• [Task goal]:
Reproduce, please, only the lines from the first line below to the line containing "impl<T, I, F> Play<Option<T>, View<I, F>> for Compare", inclusive.

Collected data
++++++++

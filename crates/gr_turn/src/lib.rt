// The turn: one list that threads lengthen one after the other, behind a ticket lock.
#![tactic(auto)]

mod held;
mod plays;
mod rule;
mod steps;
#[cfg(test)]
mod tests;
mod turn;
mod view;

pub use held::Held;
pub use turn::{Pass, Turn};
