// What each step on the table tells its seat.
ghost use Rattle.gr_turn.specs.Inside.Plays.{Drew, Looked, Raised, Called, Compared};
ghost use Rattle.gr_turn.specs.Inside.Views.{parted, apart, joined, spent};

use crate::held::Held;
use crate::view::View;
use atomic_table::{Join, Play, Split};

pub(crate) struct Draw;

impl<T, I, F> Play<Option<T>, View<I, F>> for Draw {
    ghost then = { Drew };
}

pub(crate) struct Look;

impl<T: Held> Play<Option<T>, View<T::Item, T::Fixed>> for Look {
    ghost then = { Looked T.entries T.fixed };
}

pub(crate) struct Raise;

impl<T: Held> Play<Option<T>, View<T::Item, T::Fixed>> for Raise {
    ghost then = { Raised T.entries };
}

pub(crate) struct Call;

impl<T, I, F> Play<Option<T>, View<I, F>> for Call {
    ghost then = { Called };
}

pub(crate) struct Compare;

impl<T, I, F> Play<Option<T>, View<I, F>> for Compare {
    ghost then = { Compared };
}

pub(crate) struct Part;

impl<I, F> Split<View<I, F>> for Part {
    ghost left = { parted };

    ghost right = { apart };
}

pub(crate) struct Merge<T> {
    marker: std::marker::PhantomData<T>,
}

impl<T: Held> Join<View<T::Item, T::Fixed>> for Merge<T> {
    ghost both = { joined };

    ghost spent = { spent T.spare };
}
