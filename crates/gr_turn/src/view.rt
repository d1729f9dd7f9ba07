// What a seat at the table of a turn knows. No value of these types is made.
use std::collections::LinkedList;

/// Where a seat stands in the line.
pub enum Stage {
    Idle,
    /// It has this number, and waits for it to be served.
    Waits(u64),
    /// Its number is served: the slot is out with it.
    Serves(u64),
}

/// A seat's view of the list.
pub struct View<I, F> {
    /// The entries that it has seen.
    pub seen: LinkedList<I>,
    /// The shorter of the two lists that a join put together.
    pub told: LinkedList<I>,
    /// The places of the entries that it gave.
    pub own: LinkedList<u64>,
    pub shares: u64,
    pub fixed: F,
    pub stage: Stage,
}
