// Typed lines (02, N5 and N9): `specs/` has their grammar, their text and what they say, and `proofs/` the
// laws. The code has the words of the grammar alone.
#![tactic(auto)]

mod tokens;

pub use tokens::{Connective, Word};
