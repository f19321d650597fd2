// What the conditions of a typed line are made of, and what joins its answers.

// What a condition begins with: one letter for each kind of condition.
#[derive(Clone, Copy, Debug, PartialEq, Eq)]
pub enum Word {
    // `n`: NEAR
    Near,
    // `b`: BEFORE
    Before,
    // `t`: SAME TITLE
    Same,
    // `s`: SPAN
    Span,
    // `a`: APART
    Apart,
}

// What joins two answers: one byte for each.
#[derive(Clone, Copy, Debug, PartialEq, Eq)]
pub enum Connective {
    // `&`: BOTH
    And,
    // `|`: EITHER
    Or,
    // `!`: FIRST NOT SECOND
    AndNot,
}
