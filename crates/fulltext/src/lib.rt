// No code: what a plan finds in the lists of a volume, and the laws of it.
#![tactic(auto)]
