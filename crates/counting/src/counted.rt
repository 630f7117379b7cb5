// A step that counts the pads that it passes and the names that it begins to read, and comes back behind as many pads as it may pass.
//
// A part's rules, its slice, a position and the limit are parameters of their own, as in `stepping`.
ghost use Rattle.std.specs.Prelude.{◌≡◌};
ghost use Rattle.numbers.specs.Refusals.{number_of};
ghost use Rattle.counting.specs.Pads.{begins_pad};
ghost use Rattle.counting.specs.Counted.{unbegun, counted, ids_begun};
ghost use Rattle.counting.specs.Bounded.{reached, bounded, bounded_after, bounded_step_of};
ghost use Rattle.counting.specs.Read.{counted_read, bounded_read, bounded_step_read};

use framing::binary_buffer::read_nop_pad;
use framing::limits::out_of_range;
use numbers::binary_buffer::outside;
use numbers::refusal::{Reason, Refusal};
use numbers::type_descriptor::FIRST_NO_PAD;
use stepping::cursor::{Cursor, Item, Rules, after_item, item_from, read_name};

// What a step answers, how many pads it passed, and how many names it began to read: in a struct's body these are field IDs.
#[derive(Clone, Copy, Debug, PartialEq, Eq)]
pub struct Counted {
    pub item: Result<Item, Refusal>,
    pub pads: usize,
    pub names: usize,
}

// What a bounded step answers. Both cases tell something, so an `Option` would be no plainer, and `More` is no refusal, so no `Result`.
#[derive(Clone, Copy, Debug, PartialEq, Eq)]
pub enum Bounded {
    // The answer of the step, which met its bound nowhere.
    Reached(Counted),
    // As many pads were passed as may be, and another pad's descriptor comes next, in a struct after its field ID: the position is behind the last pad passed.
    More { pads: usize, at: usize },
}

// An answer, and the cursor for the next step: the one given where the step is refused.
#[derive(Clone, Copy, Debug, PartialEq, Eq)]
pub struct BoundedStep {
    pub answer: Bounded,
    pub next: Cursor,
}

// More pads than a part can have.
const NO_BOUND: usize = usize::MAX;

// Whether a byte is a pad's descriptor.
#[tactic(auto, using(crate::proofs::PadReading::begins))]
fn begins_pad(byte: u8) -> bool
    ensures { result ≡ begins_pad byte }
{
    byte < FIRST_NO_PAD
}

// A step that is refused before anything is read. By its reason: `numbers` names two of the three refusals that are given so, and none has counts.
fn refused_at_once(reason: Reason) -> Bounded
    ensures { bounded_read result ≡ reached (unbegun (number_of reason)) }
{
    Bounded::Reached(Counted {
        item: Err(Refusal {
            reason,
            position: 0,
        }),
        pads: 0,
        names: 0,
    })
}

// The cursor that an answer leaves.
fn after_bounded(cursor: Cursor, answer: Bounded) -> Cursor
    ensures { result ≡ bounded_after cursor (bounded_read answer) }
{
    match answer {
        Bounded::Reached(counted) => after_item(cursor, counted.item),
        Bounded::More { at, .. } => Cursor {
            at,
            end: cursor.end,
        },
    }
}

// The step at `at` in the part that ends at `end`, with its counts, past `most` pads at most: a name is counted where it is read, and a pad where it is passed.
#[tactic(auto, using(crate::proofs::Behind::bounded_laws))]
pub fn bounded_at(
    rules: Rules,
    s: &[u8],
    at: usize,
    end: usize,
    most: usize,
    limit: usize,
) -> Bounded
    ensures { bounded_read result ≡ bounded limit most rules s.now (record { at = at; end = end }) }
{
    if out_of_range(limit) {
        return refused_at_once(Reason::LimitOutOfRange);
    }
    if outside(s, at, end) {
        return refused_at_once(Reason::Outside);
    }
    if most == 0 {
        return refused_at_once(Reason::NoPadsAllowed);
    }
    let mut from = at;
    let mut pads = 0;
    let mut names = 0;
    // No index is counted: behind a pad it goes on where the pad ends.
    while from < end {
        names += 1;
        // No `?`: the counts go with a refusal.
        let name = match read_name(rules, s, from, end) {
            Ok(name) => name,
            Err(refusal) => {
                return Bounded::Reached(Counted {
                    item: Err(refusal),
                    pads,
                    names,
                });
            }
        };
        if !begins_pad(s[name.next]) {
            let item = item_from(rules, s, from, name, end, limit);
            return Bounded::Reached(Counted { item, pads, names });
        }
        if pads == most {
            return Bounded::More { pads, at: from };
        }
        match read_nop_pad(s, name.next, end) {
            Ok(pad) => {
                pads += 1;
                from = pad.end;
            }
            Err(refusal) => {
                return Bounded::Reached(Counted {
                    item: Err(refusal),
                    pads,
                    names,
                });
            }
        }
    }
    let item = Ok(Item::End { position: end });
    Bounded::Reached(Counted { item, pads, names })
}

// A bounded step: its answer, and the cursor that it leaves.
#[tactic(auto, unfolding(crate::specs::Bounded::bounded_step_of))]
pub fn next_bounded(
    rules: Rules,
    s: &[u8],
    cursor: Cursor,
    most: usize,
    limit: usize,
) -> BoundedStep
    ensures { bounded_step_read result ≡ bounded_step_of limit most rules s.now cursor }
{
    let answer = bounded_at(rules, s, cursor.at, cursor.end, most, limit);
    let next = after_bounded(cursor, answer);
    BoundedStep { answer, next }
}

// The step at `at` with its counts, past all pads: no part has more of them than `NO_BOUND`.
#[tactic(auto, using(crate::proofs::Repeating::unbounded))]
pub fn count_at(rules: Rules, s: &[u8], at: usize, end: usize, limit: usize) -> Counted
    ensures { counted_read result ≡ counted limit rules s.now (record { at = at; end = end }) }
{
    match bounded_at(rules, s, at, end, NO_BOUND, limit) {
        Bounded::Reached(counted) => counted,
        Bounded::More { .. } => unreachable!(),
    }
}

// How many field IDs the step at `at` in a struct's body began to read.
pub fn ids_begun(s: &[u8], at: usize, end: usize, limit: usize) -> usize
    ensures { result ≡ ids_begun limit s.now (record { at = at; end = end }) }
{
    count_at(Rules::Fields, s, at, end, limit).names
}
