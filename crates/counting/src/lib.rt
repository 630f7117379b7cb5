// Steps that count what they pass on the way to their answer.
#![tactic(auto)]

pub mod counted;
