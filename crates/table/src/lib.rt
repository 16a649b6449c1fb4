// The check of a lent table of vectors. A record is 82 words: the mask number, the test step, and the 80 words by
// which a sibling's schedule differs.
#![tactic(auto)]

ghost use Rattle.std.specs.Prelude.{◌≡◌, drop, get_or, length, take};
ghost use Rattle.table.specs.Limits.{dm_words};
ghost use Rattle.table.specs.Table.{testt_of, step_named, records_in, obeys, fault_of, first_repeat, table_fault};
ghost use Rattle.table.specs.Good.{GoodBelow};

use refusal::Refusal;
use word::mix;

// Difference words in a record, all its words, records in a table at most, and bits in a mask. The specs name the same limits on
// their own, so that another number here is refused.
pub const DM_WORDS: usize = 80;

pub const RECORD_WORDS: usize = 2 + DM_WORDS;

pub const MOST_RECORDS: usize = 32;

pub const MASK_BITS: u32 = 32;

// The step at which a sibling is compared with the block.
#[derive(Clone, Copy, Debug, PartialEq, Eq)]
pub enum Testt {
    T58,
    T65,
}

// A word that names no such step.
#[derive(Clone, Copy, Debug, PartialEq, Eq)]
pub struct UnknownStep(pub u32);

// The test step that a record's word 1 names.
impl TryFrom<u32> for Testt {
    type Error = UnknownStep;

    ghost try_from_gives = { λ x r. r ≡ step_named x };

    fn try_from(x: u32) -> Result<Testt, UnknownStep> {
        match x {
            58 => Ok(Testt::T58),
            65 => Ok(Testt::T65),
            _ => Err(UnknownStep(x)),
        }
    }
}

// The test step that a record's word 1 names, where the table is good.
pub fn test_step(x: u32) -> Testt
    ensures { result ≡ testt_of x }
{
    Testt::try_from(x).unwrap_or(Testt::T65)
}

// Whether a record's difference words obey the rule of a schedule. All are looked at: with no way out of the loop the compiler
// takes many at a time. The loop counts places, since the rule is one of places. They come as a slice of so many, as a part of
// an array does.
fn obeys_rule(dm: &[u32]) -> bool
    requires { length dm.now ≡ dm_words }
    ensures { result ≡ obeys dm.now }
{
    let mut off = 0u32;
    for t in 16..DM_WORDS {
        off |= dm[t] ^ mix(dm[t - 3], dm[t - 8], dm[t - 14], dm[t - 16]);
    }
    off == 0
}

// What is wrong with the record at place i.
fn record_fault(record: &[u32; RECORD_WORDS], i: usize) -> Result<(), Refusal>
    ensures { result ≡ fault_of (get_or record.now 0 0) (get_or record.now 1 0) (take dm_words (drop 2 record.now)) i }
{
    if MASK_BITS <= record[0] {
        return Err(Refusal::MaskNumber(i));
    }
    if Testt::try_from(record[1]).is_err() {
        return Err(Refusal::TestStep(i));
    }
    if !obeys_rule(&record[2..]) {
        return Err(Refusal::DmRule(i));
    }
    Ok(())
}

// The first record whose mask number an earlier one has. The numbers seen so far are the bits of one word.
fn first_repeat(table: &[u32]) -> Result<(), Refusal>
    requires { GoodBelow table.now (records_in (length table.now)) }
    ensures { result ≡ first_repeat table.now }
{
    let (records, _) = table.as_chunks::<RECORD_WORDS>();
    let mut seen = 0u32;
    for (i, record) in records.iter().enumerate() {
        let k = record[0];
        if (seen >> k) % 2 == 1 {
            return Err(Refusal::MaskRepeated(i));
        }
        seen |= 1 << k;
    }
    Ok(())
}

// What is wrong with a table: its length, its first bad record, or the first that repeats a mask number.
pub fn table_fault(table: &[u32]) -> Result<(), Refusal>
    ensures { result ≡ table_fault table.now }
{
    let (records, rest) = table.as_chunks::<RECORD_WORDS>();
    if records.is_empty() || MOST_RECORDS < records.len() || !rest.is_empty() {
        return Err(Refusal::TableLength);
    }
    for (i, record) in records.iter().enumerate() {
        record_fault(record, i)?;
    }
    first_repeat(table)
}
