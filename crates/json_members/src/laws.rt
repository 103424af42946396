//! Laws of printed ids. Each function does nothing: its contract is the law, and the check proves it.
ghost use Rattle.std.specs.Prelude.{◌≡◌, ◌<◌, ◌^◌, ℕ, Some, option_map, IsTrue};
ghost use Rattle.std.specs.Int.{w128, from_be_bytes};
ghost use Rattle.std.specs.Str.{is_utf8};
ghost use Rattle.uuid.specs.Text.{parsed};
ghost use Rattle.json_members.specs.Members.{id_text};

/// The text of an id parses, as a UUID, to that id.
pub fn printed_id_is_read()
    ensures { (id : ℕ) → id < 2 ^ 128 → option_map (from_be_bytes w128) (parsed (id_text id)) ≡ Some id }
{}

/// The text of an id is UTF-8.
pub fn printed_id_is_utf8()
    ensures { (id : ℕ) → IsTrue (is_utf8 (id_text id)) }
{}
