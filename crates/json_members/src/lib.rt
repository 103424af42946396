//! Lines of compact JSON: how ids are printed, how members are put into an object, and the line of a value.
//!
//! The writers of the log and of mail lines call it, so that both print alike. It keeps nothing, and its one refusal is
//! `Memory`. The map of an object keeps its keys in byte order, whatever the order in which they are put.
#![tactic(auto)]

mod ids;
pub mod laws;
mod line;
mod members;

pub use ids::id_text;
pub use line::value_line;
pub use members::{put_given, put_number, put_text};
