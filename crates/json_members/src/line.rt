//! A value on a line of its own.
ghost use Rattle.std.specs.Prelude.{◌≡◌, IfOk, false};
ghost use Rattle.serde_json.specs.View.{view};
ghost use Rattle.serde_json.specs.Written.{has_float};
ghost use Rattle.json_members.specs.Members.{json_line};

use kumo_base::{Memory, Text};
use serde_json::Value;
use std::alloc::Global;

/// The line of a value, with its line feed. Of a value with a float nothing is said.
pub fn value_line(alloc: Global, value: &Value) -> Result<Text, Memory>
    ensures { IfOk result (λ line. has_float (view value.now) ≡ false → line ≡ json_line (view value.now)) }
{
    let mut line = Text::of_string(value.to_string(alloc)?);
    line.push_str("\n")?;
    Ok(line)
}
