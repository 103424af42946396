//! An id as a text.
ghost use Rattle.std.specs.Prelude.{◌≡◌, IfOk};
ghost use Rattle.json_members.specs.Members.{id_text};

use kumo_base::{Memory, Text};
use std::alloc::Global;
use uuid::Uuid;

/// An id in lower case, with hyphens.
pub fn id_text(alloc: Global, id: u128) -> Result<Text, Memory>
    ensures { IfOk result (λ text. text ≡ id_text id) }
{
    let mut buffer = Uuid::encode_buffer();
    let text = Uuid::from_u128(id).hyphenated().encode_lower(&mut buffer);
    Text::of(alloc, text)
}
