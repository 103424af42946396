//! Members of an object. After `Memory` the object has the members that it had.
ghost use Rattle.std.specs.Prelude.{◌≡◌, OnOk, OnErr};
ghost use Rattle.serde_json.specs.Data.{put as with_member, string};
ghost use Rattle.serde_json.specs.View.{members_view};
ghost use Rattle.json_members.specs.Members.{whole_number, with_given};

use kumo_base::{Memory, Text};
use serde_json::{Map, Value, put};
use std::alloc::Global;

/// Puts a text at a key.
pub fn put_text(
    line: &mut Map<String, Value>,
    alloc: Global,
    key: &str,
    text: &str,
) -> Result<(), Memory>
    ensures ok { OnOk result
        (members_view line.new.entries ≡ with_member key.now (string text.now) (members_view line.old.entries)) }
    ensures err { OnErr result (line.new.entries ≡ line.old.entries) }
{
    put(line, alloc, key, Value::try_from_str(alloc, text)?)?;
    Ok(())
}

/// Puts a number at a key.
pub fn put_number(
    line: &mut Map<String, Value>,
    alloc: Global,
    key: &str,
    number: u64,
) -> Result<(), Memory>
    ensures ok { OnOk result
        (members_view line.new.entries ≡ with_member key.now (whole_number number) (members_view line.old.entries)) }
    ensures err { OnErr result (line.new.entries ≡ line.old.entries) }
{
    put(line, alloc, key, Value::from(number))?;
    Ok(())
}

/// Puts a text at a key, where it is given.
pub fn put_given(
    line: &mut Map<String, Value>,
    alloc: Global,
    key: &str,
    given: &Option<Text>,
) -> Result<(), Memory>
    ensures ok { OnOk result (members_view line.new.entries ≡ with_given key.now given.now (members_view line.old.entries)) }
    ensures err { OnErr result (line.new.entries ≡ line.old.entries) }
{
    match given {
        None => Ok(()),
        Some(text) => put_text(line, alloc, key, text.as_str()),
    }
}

++++++++

• [Written answer]:
filename crates/gr_turn/src/lib.rt
// The turn: one list that threads lengthen one after the other, behind a ticket lock.
#![tactic(auto)]

mod held;
mod plays;
mod rule;
mod steps;
#[cfg(test)]
mod tests;
mod turn;
mod view;

pub use held::Held;
pub use turn::{Pass, Turn};
// What each step on the table tells its seat.
ghost use Rattle.gr_turn.specs.Inside.Plays.{Drew, Looked, Raised, Called, Compared};
ghost use Rattle.gr_turn.specs.Inside.Views.{parted, apart, joined, spent};

use crate::held::Held;
use crate::view::View;
use atomic_table::{Join, Play, Split};

pub(crate) struct Draw;

impl<T, I, F> Play<Option<T>, View<I, F>> for Draw {
    ghost then = { Drew };
}

pub(crate) struct Look;

impl<T: Held> Play<Option<T>, View<T::Item, T::Fixed>> for Look {
    ghost then = { Looked T.entries T.fixed };
}

pub(crate) struct Raise;

impl<T: Held> Play<Option<T>, View<T::Item, T::Fixed>> for Raise {
    ghost then = { Raised T.entries };
}

pub(crate) struct Call;

impl<T, I, F> Play<Option<T>, View<I, F>> for Call {
    ghost then = { Called };
}

pub(crate) struct Compare;

impl<T, I, F> Play<Option<T>, View<I, F>> for Compare {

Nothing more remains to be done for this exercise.